* Exercise *
Write each line out a second time, exactly as shown below.

* Data under study *
╔══
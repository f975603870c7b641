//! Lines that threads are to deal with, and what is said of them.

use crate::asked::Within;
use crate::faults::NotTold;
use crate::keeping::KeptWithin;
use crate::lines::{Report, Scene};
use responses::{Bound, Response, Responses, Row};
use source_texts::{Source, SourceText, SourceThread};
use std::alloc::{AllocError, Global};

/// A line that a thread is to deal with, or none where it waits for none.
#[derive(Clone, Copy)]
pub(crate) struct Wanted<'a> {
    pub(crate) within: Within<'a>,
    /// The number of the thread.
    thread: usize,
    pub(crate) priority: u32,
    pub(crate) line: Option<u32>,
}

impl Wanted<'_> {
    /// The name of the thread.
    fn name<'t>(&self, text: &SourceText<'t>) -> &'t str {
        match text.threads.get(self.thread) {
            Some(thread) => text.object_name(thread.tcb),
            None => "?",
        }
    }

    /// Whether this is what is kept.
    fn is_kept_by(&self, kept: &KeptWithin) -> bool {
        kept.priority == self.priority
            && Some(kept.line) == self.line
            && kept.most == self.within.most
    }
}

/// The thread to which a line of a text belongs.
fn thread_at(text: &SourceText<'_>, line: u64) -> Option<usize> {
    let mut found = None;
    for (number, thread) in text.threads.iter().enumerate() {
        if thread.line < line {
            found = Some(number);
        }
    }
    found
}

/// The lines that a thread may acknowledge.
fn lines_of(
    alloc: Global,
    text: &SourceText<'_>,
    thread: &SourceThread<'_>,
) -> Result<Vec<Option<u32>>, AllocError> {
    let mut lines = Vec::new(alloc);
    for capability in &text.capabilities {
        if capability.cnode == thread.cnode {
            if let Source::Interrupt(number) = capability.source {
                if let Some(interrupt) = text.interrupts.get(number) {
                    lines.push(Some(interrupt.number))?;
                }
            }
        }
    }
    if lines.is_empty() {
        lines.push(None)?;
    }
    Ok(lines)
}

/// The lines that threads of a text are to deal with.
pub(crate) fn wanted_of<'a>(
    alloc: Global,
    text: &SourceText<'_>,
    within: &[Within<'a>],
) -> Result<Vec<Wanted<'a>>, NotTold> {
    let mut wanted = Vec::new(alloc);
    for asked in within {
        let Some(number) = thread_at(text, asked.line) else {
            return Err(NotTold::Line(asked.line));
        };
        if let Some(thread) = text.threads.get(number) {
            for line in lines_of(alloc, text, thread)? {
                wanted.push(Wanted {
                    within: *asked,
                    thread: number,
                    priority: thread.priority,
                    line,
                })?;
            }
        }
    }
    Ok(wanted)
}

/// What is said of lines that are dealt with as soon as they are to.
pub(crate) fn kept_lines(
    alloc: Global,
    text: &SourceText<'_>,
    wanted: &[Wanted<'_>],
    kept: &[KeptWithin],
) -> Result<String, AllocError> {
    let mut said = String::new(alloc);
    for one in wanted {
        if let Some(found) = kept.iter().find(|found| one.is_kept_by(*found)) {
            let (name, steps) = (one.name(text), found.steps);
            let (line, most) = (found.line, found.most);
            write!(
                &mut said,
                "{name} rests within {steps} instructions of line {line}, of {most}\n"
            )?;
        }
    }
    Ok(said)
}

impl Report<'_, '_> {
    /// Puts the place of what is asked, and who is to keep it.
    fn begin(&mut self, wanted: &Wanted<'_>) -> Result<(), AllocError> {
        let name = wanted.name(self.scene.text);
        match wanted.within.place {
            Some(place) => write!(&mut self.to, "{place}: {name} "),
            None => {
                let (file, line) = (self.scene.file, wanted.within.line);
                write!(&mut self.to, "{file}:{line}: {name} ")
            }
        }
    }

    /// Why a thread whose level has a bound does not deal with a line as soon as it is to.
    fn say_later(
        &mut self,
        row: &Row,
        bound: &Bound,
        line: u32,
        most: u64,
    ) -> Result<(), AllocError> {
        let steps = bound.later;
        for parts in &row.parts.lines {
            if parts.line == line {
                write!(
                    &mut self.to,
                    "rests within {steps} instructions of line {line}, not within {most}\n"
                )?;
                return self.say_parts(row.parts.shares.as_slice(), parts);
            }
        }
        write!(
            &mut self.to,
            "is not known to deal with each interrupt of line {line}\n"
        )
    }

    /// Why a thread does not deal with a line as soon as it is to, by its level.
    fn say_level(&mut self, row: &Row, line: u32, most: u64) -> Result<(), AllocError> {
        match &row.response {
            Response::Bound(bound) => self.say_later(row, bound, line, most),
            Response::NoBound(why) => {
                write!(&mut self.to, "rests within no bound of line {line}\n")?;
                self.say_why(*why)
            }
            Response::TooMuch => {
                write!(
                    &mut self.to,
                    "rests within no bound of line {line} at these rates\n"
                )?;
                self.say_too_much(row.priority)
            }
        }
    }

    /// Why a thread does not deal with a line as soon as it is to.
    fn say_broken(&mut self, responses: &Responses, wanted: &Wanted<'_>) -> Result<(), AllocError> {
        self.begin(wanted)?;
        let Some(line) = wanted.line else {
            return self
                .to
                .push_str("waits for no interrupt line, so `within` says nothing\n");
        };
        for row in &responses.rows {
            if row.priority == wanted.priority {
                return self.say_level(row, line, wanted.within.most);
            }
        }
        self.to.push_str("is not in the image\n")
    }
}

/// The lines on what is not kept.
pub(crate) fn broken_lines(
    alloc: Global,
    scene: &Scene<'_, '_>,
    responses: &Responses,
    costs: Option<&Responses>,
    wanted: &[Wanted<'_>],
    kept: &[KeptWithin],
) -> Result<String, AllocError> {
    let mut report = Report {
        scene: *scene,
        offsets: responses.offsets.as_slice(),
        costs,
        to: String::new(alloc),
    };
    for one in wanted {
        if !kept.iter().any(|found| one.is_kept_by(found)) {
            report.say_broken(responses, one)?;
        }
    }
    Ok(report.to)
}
╚══
* Result of the exercise *
repository f975603870c7b641
//! Lines that threads are to deal with, and what is said of them.

use crate::asked::Within;
use crate::faults::NotTold;
use crate::keeping::KeptWithin;
use crate::lines::{Report, Scene};
use responses::{Bound, Response, Responses, Row};
use source_texts::{Source, SourceText, SourceThread};
use std::alloc::{AllocError, Global};

/// A line that a thread is to deal with, or none where it waits for none.
#[derive(Clone, Copy)]
pub(crate) struct Wanted<'a> {
    pub(crate) within: Within<'a>,
    /// The number of the thread.
    thread: usize,
    pub(crate) priority: u32,
    pub(crate) line: Option<u32>,
}

impl Wanted<'_> {
    /// The name of the thread.
    fn name<'t>(&self, text: &SourceText<'t>) -> &'t str {
        match text.threads.get(self.thread) {
            Some(thread) => text.object_name(thread.tcb),
            None => "?",
        }
    }

    /// Whether this is what is kept.
    fn is_kept_by(&self, kept: &KeptWithin) -> bool {
        kept.priority == self.priority
            && Some(kept.line) == self.line
            && kept.most == self.within.most
    }
}

/// The thread to which a line of a text belongs.
fn thread_at(text: &SourceText<'_>, line: u64) -> Option<usize> {
    let mut found = None;
    for (number, thread) in text.threads.iter().enumerate() {
        if thread.line < line {
            found = Some(number);
        }
    }
    found
}

/// The lines that a thread may acknowledge.
fn lines_of(
    alloc: Global,
    text: &SourceText<'_>,
    thread: &SourceThread<'_>,
) -> Result<Vec<Option<u32>>, AllocError> {
    let mut lines = Vec::new(alloc);
    for capability in &text.capabilities {
        if capability.cnode == thread.cnode {
            if let Source::Interrupt(number) = capability.source {
                if let Some(interrupt) = text.interrupts.get(number) {
                    lines.push(Some(interrupt.number))?;
                }
            }
        }
    }
    if lines.is_empty() {
        lines.push(None)?;
    }
    Ok(lines)
}

/// The lines that threads of a text are to deal with.
pub(crate) fn wanted_of<'a>(
    alloc: Global,
    text: &SourceText<'_>,
    within: &[Within<'a>],
) -> Result<Vec<Wanted<'a>>, NotTold> {
    let mut wanted = Vec::new(alloc);
    for asked in within {
        let Some(number) = thread_at(text, asked.line) else {
            return Err(NotTold::Line(asked.line));
        };
        if let Some(thread) = text.threads.get(number) {
            for line in lines_of(alloc, text, thread)? {
                wanted.push(Wanted {
                    within: *asked,
                    thread: number,
                    priority: thread.priority,
                    line,
                })?;
            }
        }
    }
    Ok(wanted)
}

/// What is said of lines that are dealt with as soon as they are to.
pub(crate) fn kept_lines(
    alloc: Global,
    text: &SourceText<'_>,
    wanted: &[Wanted<'_>],
    kept: &[KeptWithin],
) -> Result<String, AllocError> {
    let mut said = String::new(alloc);
    for one in wanted {
        if let Some(found) = kept.iter().find(|found| one.is_kept_by(*found)) {
            let (name, steps) = (one.name(text), found.steps);
            let (line, most) = (found.line, found.most);
            write!(
                &mut said,
                "{name} rests within {steps} instructions of line {line}, of {most}\n"
            )?;
        }
    }
    Ok(said)
}

impl Report<'_, '_> {
    /// Puts the place of what is asked, and who is to keep it.
    fn begin(&mut self, wanted: &Wanted<'_>) -> Result<(), AllocError> {
        let name = wanted.name(self.scene.text);
        match wanted.within.place {
            Some(place) => write!(&mut self.to, "{place}: {name} "),
            None => {
                let (file, line) = (self.scene.file, wanted.within.line);
                write!(&mut self.to, "{file}:{line}: {name} ")
            }
        }
    }

    /// Why a thread whose level has a bound does not deal with a line as soon as it is to.
    fn say_later(
        &mut self,
        row: &Row,
        bound: &Bound,
        line: u32,
        most: u64,
    ) -> Result<(), AllocError> {
        let steps = bound.later;
        for parts in &row.parts.lines {
            if parts.line == line {
                write!(
                    &mut self.to,
                    "rests within {steps} instructions of line {line}, not within {most}\n"
                )?;
                return self.say_parts(row.parts.shares.as_slice(), parts);
            }
        }
        write!(
            &mut self.to,
            "is not known to deal with each interrupt of line {line}\n"
        )
    }

    /// Why a thread does not deal with a line as soon as it is to, by its level.
    fn say_level(&mut self, row: &Row, line: u32, most: u64) -> Result<(), AllocError> {
        match &row.response {
            Response::Bound(bound) => self.say_later(row, bound, line, most),
            Response::NoBound(why) => {
                write!(&mut self.to, "rests within no bound of line {line}\n")?;
                self.say_why(*why)
            }
            Response::TooMuch => {
                write!(
                    &mut self.to,
                    "rests within no bound of line {line} at these rates\n"
                )?;
                self.say_too_much(row.priority)
            }
        }
    }

    /// Why a thread does not deal with a line as soon as it is to.
    fn say_broken(&mut self, responses: &Responses, wanted: &Wanted<'_>) -> Result<(), AllocError> {
        self.begin(wanted)?;
        let Some(line) = wanted.line else {
            return self
                .to
                .push_str("waits for no interrupt line, so `within` says nothing\n");
        };
        for row in &responses.rows {
            if row.priority == wanted.priority {
                return self.say_level(row, line, wanted.within.most);
            }
        }
        self.to.push_str("is not in the image\n")
    }
}

/// The lines on what is not kept.
pub(crate) fn broken_lines(
    alloc: Global,
    scene: &Scene<'_, '_>,
    responses: &Responses,
    costs: Option<&Responses>,
    wanted: &[Wanted<'_>],
    kept: &[KeptWithin],
) -> Result<String, AllocError> {
    let mut report = Report {
        scene: *scene,
        offsets: responses.offsets.as_slice(),
        costs,
        to: String::new(alloc),
    };
    for one in wanted {
        if !kept.iter().any(|found| one.is_kept_by(found)) {
            report.say_broken(responses, one)?;
        }
    }
    Ok(report.to)
}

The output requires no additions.